Quizá fue el último concierto al que asistió, hace algo más de tres meses. Accedió al área reservada para los periodistas del brazo de quien le acompañaba y caminó despacio hacia una silla que le esperaba en primera fila, al borde de la arena de Riazor. No lo reconocí al principio, por su andar débil que interrumpía para saludar y ser saludado, por la gorra que lo protegía, por el semblante cansado de alguien a quien conocía siempre inquieto, lleno de energía. Me puse a su lado y lo observé a veces, entre las canciones que Patti Smith nos dedicaba. Aplaudía siempre, y hacia el final, tras el éxtasis de un tema con el que Patti y su grupo exhibieron su grandeza, Nonito se levantó con esfuerzo de la silla y volvió a aplaudir, con más fuerza esta vez. Asentía, miraba con satisfacción al público del Noroeste (de alguna manera, su festival), se le veía disfrutar. Quizá en su último concierto.

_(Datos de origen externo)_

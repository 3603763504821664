//! The scripts of a test case (commands for a node), and what the node writes when it carries them out.

ghost use Rattle.std.specs.Prelude.{Bool, false, All, IfOk, IfSome};
ghost use Rattle.recovery.specs.Script.{Passes, CarriesOut};

use crate::memory::{disk_with, failing_disk};
use crate::store::headers::message_in;
use crate::store::takers::Taker;
use crate::store::words::{Reported, Word, put, put_bytes, put_count, put_other, put_shown};
use book::MAX_ACCEPTED;
use diskmodel::{CallKind, MemDisk};
use header::check;
use journal::Failed;
use recovery::{Command, DriveError, drive, drive_pair, reopen_pair};
use sha2::{Digest, Sha256};
use sigface::{HashSign, HashVerify};
use std::alloc::{AllocError, Global};
use std::io::Write;
use test_cases::write_hex;
use validator::Config;
use wire::Author;

/// A text of more bytes than this is shown by its SHA-256.
const SHOWN: usize = 128;

/// A number that is greater than that of the calls of any kind in any script here.
const CALLS: u64 = 100;

/// A command of a script.
#[derive(Drop)]
pub enum Line {
    /// A message comes in from a sender.
    Event { sender: Author, message: Vec<u8> },
    Flush,
    Checkpoint,
    Stop,
}

/// The flushes, checkpoints and stops that these words stand for.
pub fn lines_of(alloc: Global, words: &[Word]) -> Result<Vec<Line>, AllocError> {
    let mut lines = Vec::new(alloc);
    for word in words {
        match word {
            Word::Flush => lines.push(Line::Flush)?,
            Word::Checkpoint => lines.push(Line::Checkpoint)?,
            Word::Stop => lines.push(Line::Stop)?,
            _ => {}
        }
    }
    Ok(lines)
}

/// The disk after all commands; or, with the reason of an early end, the disk after the commands up to the end.
pub type Driven = Result<MemDisk, Failed<DriveError, MemDisk>>;

/// Both disks after all commands; or, with the reason of an early end, both disks after the commands up to the end.
pub type DrivenOnTwo = Result<(MemDisk, MemDisk), Failed<DriveError, (MemDisk, MemDisk)>>;

/// The commands that a node carries out in turn, on a disk with a file.
#[derive(Clone, Copy)]
pub struct Script<'a> {
    pub alloc: Global,
    pub config: &'a Config<HashSign>,
    pub file: &'a [u8],
    pub lines: &'a [Line],
    /// The commands that are carried out after each of the lines.
    pub after: &'a [Line],
}

impl Script<'_> {
    /// Carries out the script, and adds what the node writes, and how long the file is then.
    pub fn write_to(&self, answer: &mut String) -> Reported {
        let _ = self.report_on(self.disk()?, answer)?;
        put(answer, "\n");
        Ok(())
    }

    /// Carries out the script with the first device call of this kind set to fail, then with the second one, and so on until none fails.
    /// Adds each time what the node writes.
    pub fn report_failing(&self, kind: CallKind, answer: &mut String) -> Reported {
        for count in 1..CALLS {
            put_count(answer, "", count, ": ");
            let disk = failing_disk(self.alloc, self.file, kind, count)?;
            let is_carried_out = self.report_on(disk, answer)?;
            put(answer, "\n");
            if is_carried_out {
                break;
            }
        }
        Ok(())
    }

    /// Carries out the script on two disks with a device call of this kind set to fail on one of them: the first call, the second one and
    /// so on. Adds whether the script ended by the failure each time, and whether a node could be opened on what was left.
    pub fn report_failing_on_two(&self, kind: CallKind, answer: &mut String) -> Reported {
        for is_second in [false, true] {
            for count in 1..CALLS {
                let (one, other) = (self.failing(kind, count)?, self.disk()?);
                let (first, second) = if is_second {
                    (other, one)
                } else {
                    (one, other)
                };
                let mut written = Vec::new(self.alloc);
                match self.run_on_two(first, second, &mut written)? {
                    Some(Err(failed)) => self.report_again(failed, answer),
                    _ => break,
                }
            }
        }
        put(answer, "each call failed in turn\n");
        Ok(())
    }

    /// Adds what is wrong with the end of a script whose disk failed: nothing if it reports that, and a node can be opened on what is left.
    fn report_again(&self, failed: Failed<DriveError, (MemDisk, MemDisk)>, answer: &mut String) {
        let Failed { error, disk } = failed;
        if error != DriveError::Device {
            report_error(error, answer);
        }
        let (first, second) = disk;
        if reopen_pair(self.alloc, self.config, first, second).is_err() {
            put(answer, "not opened again, ");
        }
    }

    /// An empty disk, of which the `count`-th call of this kind is set to fail.
    fn failing(&self, kind: CallKind, count: u64) -> Result<MemDisk, AllocError> {
        failing_disk(self.alloc, self.file, kind, count)
    }

    /// Carries out the script with a writer that fails after some number of bytes, for each number up to the length of the text. Adds a
    /// line wherever the answer changes.
    pub fn report_rooms(&self, text: &[u8], answer: &mut String) -> Reported {
        let mut before = String::new(self.alloc);
        for room in 0..=text.len() {
            let reported = self.reported_room(room, text)?;
            put_other(answer, room as u64, reported, &mut before);
        }
        Ok(())
    }

    /// As `report_rooms`, on two disks.
    pub fn report_rooms_on_two(&self, text: &[u8], answer: &mut String) -> Reported {
        let mut before = String::new(self.alloc);
        for room in 0..=text.len() {
            let reported = self.reported_room_on_two(room, text)?;
            put_other(answer, room as u64, reported, &mut before);
        }
        Ok(())
    }

    /// The answer of a node on two disks whose writer takes this many bytes of the text.
    fn reported_room_on_two(&self, room: usize, text: &[u8]) -> Result<String, AllocError> {
        let mut taker = Taker::new(self.alloc, room);
        let mut reported = String::new(self.alloc);
        match self.run_on_two(self.disk()?, disk_with(self.alloc, &[])?, &mut taker)? {
            None => put(&mut reported, "bad case"),
            Some(Ok(_disks)) => put(&mut reported, "carried out"),
            Some(Err(failed)) => report_error(failed.error, &mut reported),
        }
        put(&mut reported, filled(text.get(..room), &taker.bytes));
        Ok(reported)
    }

    /// The answer of a node whose writer takes this many bytes of the text.
    fn reported_room(&self, room: usize, text: &[u8]) -> Result<String, AllocError> {
        let mut taker = Taker::new(self.alloc, room);
        let mut reported = String::new(self.alloc);
        match self.run(self.disk()?, &mut taker)? {
            None => put(&mut reported, "bad case"),
            Some(Ok(_disk)) => put(&mut reported, "carried out"),
            Some(Err(failed)) => report_error(failed.error, &mut reported),
        }
        put(&mut reported, filled(text.get(..room), &taker.bytes));
        Ok(reported)
    }

    /// Carries out the script on this disk, and adds what the node writes; returns whether all commands were carried out.
    fn report_on(&self, disk: MemDisk, answer: &mut String) -> Result<bool, AllocError> {
        let mut written = Vec::new(self.alloc);
        match self.run(disk, &mut written)? {
            None => {
                put(answer, "bad case");
                Ok(true)
            }
            Some(Ok(disk)) => {
                put(answer, "carried out");
                report_text(&written, answer);
                put_count(answer, ", file of ", disk.bytes().len() as u64, " bytes");
                Ok(true)
            }
            Some(Err(failed)) => {
                report_error(failed.error, answer);
                report_text(&written, answer);
                Ok(false)
            }
        }
    }

    /// Carries out the script on this disk, and adds how it ends; returns the disk.
    pub fn left_by(&self, disk: MemDisk, answer: &mut String) -> Result<MemDisk, AllocError> {
        let mut written = Vec::new(self.alloc);
        match self.run(disk, &mut written)? {
            None => {
                put(answer, "bad case");
                self.disk()
            }
            Some(Ok(disk)) => {
                put(answer, "carried out");
                Ok(disk)
            }
            Some(Err(failed)) => {
                report_error(failed.error, answer);
                Ok(failed.disk)
            }
        }
    }

    /// A disk in memory with the file.
    pub fn disk(&self) -> Result<MemDisk, AllocError> {
        disk_with(self.alloc, self.file)
    }

    /// Each line of the script, followed by the commands that come after each line.
    pub fn spaced_lines(&self) -> Result<Vec<&Line>, AllocError> {
        let mut spaced = Vec::new(self.alloc);
        for line in self.lines {
            spaced.push(line)?;
            for other in self.after {
                spaced.push(other)?;
            }
        }
        Ok(spaced)
    }

    /// Carries out all commands on a disk; None if a message isn't valid.
    pub fn run<W: Write>(
        &self,
        disk: MemDisk,
        writer: &mut W,
    ) -> Result<Option<Driven>, AllocError> {
        let lines = self.spaced_lines()?;
        match commands_of(self.alloc, self.config, &lines, false)? {
            Some(commands) => Ok(self.carry_out(disk, commands, writer)),
            None => Ok(None),
        }
    }

    /// Carries out these commands on a disk; None if there are too many.
    fn carry_out<W: Write>(
        &self,
        disk: MemDisk,
        commands: Vec<Command>,
        writer: &mut W,
    ) -> Option<Driven>
        requires passed { All (Passes self.now.config.now.charter) commands.items }
        requires on_one { All (CarriesOut false) commands.items }
    {
        if commands.len() as u64 > MAX_ACCEPTED {
            return None;
        }
        Some(drive(self.alloc, self.config, disk, commands, writer))
    }

    /// Carries out all commands on two disks; None if a message isn't valid.
    pub fn run_on_two<W: Write>(
        &self,
        first: MemDisk,
        second: MemDisk,
        writer: &mut W,
    ) -> Result<Option<DrivenOnTwo>, AllocError> {
        let lines = self.spaced_lines()?;
        match commands_of(self.alloc, self.config, &lines, true)? {
            Some(commands) => Ok(self.carry_out_on_two(first, second, commands, writer)),
            None => Ok(None),
        }
    }

    /// Carries out these commands on two disks; None if there are too many.
    fn carry_out_on_two<W: Write>(
        &self,
        first: MemDisk,
        second: MemDisk,
        commands: Vec<Command>,
        writer: &mut W,
    ) -> Option<DrivenOnTwo>
        requires { All (Passes self.now.config.now.charter) commands.items }
    {
        if commands.len() as u64 > MAX_ACCEPTED {
            return None;
        }
        let (alloc, config) = (self.alloc, self.config);
        Some(drive_pair(alloc, config, first, second, commands, writer))
    }
}

/// The commands of these lines for a node on two disks or on one; None if a message isn't valid.
fn commands_of(
    alloc: Global,
    config: &Config<HashSign>,
    lines: &[&Line],
    two: bool,
) -> Result<Option<Vec<Command>>, AllocError>
    ensures passed { IfOk result (λ found. IfSome found (λ commands. All (Passes config.now.charter) commands.items)) }
    ensures on_disks { IfOk result (λ found. IfSome found (λ commands. All (CarriesOut two) commands.items)) }
{
    let mut commands = Vec::new(alloc);
    for line in lines {
        match command_of(alloc, config, line, two)? {
            Some(command) => commands.push(command)?,
            None => return Ok(None),
        }
    }
    Ok(Some(commands))
}

/// The command of a line; None for a checkpoint on one disk, since a checkpoint needs two disks.
fn command_of(
    alloc: Global,
    config: &Config<HashSign>,
    line: &Line,
    two: bool,
) -> Result<Option<Command>, AllocError>
    ensures passed { IfOk result (λ found. IfSome found (Passes config.now.charter)) }
    ensures on_disks { IfOk result (λ found. IfSome found (CarriesOut two)) }
{
    match line {
        Line::Event { sender, message } => event_of(alloc, config, *sender, message),
        Line::Flush => Ok(Some(Command::Flush)),
        Line::Checkpoint if two => Ok(Some(Command::Checkpoint)),
        Line::Checkpoint => Ok(None),
        Line::Stop => Ok(Some(Command::Stop)),
    }
}

/// The event with this message, if the bytes are a message and it passes the checks.
fn event_of(
    alloc: Global,
    config: &Config<HashSign>,
    sender: Author,
    bytes: &[u8],
) -> Result<Option<Command>, AllocError>
    ensures passed { IfOk result (λ found. IfSome found (Passes config.now.charter)) }
    ensures on_disks { (two : Bool) → IfOk result (λ found. IfSome found (CarriesOut two)) }
{
    let Some(message) = message_in(alloc, bytes)? else {
        return Ok(None);
    };
    match check(config.committee(), &HashVerify, sender, message) {
        Ok(event) => Ok(Some(Command::Event(event))),
        Err(_) => Ok(None),
    }
}

/// The word that says whether the bytes that a writer took are the first bytes of the text, as many as it has room for.
fn filled(text: Option<&[u8]>, taken: &[u8]) -> &'static str {
    match text {
        Some(text) if text == taken => ", filled",
        _ => ", other bytes",
    }
}

fn report_error(error: DriveError, answer: &mut String) {
    put_shown(answer, "", &error, "");
    if let DriveError::Damaged(place) = error {
        put_count(answer, " at ", place, "");
    }
}

/// Adds the length of a text, and the text itself, or its SHA-256 if it is long.
pub fn report_text(text: &[u8], answer: &mut String) {
    put_count(answer, ", ", text.len() as u64, " bytes");
    if text.len() > SHOWN {
        put(answer, " sha256 ");
        let _ = write_hex(answer, &Sha256::digest(text));
    } else if !text.is_empty() {
        put_bytes(answer, text);
    }
}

Creo que Nonito disfrutaba en todos los conciertos, aunque en el fondo el músico o el grupo le gustasen poco. Porque hablaba con todo el mundo, rescataba anécdotas, daba compañía y era una gran compañía; o simplemente estaba en un concierto, con la música que le daba vida, que era su vida. No tenía mucho trato con él, quizá me sobrecogía su figura, su importancia, el respeto que merecía, el aura de una persona que tomas por referencia, alguien que sabe de qué va todo esto.

Hace unos cuantos años, cuando mi hermano Luis empezaba en esto de la música, Nonito le dedicó una reseña en el periódico a su primer álbum. Dos párrafos sencillos pero sabios, el aprecio sincero, auténtico y de quien mucho sabe, a un principiante que en el largo camino que entonces iniciaba sabría agradecer. Palabras de Nonito Pereira que se recordarán siempre.